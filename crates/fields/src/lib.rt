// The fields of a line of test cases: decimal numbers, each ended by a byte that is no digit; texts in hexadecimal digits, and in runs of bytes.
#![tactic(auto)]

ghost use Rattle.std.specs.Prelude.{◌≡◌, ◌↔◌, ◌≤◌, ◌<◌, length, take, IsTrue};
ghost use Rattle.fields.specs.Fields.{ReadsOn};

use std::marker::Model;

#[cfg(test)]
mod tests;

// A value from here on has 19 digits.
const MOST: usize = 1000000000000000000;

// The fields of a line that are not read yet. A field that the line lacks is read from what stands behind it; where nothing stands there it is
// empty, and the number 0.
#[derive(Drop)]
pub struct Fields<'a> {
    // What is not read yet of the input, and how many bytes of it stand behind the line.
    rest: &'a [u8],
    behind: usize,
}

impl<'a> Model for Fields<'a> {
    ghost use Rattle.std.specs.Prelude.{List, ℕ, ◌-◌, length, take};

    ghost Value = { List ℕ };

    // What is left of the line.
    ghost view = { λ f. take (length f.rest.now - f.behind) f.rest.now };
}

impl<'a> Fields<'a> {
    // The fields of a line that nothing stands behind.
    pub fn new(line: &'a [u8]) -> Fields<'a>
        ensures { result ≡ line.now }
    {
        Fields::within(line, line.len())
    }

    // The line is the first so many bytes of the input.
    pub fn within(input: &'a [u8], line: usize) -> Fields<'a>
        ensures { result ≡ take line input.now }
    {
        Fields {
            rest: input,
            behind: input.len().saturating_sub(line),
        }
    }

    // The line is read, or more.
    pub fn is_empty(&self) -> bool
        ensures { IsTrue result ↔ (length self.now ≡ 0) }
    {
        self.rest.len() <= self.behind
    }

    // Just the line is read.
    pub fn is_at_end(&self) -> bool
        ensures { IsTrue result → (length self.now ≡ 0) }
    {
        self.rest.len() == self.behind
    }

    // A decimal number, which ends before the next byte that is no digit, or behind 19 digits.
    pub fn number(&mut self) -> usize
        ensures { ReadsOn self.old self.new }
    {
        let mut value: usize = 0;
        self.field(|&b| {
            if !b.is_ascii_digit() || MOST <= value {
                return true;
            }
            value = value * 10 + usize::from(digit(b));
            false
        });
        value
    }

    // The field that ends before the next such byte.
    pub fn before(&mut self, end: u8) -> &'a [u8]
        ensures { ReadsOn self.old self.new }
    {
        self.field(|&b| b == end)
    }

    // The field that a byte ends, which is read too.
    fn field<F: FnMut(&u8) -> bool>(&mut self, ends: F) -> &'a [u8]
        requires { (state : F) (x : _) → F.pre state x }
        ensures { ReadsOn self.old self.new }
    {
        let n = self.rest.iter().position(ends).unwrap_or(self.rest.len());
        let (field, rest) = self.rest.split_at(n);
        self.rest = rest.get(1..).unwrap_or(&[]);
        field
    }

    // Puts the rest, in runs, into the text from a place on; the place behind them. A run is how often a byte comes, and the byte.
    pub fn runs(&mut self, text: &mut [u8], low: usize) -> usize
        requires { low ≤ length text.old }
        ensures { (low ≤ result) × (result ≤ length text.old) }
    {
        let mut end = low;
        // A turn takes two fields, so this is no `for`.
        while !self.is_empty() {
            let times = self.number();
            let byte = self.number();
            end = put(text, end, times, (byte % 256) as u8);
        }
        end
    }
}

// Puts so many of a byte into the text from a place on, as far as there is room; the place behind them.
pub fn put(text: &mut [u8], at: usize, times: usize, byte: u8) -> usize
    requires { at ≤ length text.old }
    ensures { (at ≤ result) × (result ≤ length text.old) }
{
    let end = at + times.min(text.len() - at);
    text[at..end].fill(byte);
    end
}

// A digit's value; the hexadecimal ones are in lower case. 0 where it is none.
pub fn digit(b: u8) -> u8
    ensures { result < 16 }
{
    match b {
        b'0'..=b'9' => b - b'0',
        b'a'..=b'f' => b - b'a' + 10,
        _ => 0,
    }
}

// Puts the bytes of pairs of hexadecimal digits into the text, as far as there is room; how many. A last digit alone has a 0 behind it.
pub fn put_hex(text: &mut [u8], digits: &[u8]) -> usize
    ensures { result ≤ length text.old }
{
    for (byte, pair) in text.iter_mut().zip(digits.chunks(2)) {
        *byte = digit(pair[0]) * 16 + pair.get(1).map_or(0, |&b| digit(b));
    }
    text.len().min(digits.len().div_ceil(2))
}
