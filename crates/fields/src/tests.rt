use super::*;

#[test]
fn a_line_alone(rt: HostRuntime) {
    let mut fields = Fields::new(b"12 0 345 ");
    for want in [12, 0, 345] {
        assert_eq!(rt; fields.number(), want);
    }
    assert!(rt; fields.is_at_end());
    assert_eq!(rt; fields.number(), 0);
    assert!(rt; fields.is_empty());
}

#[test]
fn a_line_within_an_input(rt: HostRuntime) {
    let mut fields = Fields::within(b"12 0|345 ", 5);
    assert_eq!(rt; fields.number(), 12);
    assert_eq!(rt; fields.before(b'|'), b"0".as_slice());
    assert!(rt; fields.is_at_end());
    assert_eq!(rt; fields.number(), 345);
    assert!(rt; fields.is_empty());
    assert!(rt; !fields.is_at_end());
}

★ ★ ★

Whenever the word "want" shows up in a line of the entries above, copy that line.

    for want in [12, 0, 345] {
        assert_eq!(rt; fields.number(), want);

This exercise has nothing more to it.